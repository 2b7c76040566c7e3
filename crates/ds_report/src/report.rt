//! The report of a run.

ghost use Rattle.std.specs.Prelude.{◌≡◌, ◌++◌, [], length, if◌then◌else◌, OnOk, IfOk, codes};
ghost use Rattle.std.specs.List.{flat_map};
ghost use Rattle.ds_plain.specs.Explained.{HasEnded, stop_in};
ghost use Rattle.ds_report.specs.Trace.{trace_lines};
ghost use Rattle.ds_report.specs.Stop.{how_text};
ghost use Rattle.ds_report.specs.Counts.{count_of};
ghost use Rattle.ds_report.specs.Report.{value_line, count_text, summary_line, IsReport};

use crate::counts::counts_of;
use crate::prints::{Print, in_order};
use crate::stop::{push_how, push_stop_lines, trap_count};
use crate::text::{push, push_number, push_signed};
use crate::trace::push_trace_lines;
use ds_ast::Name;
use ds_core::{RunRecord, Steps};
use ds_plain::Stop;
use itoa::Integer;
use std::alloc::{AllocError, Global};

/// Adds a line for each print: its value as a signed decimal number.
fn push_print_lines(text: &mut Vec<u8>, prints: &[Print]) -> Result<(), AllocError>
    ensures { OnOk result
        (text.new.items ≡ text.old.items ++ flat_map (λ print. value_line print.value) prints.now) }
{
    for print in prints {
        push_signed(text, print.value)?;
        push(text, b"\n")?;
    }
    Ok(())
}

/// Adds the trace, where it is asked for.
fn push_trace(
    alloc: Global,
    text: &mut Vec<u8>,
    traces: &[Steps],
    trace: bool,
) -> Result<(), AllocError>
    ensures { OnOk result
        (text.new.items ≡ text.old.items ++ (if trace then trace_lines traces.now else [])) }
{
    if !trace {
        return Ok(());
    }
    push_trace_lines(alloc, text, traces)
}

/// Adds how main ended.
fn push_main(text: &mut Vec<u8>, main: Stop) -> Result<(), AllocError>
    ensures { OnOk result (text.new.items ≡ text.old.items ++ (codes "main " ++ how_text main ++ codes ";")) }
{
    push(text, b"main ")?;
    push_how(text, main)?;
    push(text, b";")
}

/// Adds a number, and before it what there are so many of.
fn push_count<I: Integer>(text: &mut Vec<u8>, what: &[u8], count: I) -> Result<(), AllocError>
    ensures { OnOk result (text.new.items ≡ text.old.items ++ (codes " " ++ what.now ++ codes " " ++ I.text count)) }
{
    push(text, b" ")?;
    push(text, what)?;
    push(text, b" ")?;
    push_number(text, count)
}

/// Adds the last line: how main ended, and the counts.
fn push_summary(
    text: &mut Vec<u8>,
    main: Stop,
    prints: usize,
    traces: &[Steps],
    traps: usize,
) -> Result<(), AllocError>
    ensures { OnOk result
        (text.new.items ≡ text.old.items ++ summary_line main prints (count_of traces.now) traps) }
{
    let counts = counts_of(traces);
    push_main(text, main)?;
    push_count(text, b"prints", prints)?;
    push_count(text, b"mallocs", counts.mallocs)?;
    push_count(text, b"frees", counts.frees)?;
    push_count(text, b"notes", counts.notes)?;
    push_count(text, b"marks", counts.marks)?;
    push_count(text, b"traps", traps)?;
    push(text, b"\n")
}

/// The report of a run in which main has ended: what was printed, in order; where `trace` is true, what each
/// thread did; a line for each thread that did not come to the end of its function; and the summary.
///
/// `names` are those of all functions of the module that was run, declared ones too, in the order of the text.
pub fn render(
    alloc: Global,
    names: &[Name],
    run: &RunRecord,
    trace: bool,
) -> Result<Vec<u8>, AllocError>
    requires stops { length run.now.stops ≡ 16 }
    requires ended { HasEnded (stop_in run.now.stops 0) }
    ensures { IfOk result (λ text. IsReport names.now run.now.stops run.now.traces trace text.items) }
{
    let traces = run.traces.as_slice();
    let stops = run.stops.as_slice();
    let prints = in_order(alloc, traces)?;
    let mut text = Vec::new(alloc);
    push_print_lines(&mut text, prints.as_slice())?;
    push_trace(alloc, &mut text, traces, trace)?;
    push_stop_lines(alloc, &mut text, names, stops)?;
    push_summary(&mut text, stops[0], prints.len(), traces, trap_count(stops))?;
    Ok(text)
}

◆ ◆ ◆ ◆ ◆

Required work » Going back over the entries above, copy word for word every line from the one that has "(text.new.items ≡ text.old.items ++ (if" on through the one that has "so many of.".

Solved problem »
        (text.new.items ≡ text.old.items ++ (if trace then trace_lines traces.now else [])) }
{
    if !trace {
        return Ok(());
    }
    push_trace_lines(alloc, text, traces)
}

/// Adds how main ended.
fn push_main(text: &mut Vec<u8>, main: Stop) -> Result<(), AllocError>
    ensures { OnOk result (text.new.items ≡ text.old.items ++ (codes "main " ++ how_text main ++ codes ";")) }
{
    push(text, b"main ")?;
    push_how(text, main)?;
    push(text, b";")
}

/// Adds a number, and before it what there are so many of.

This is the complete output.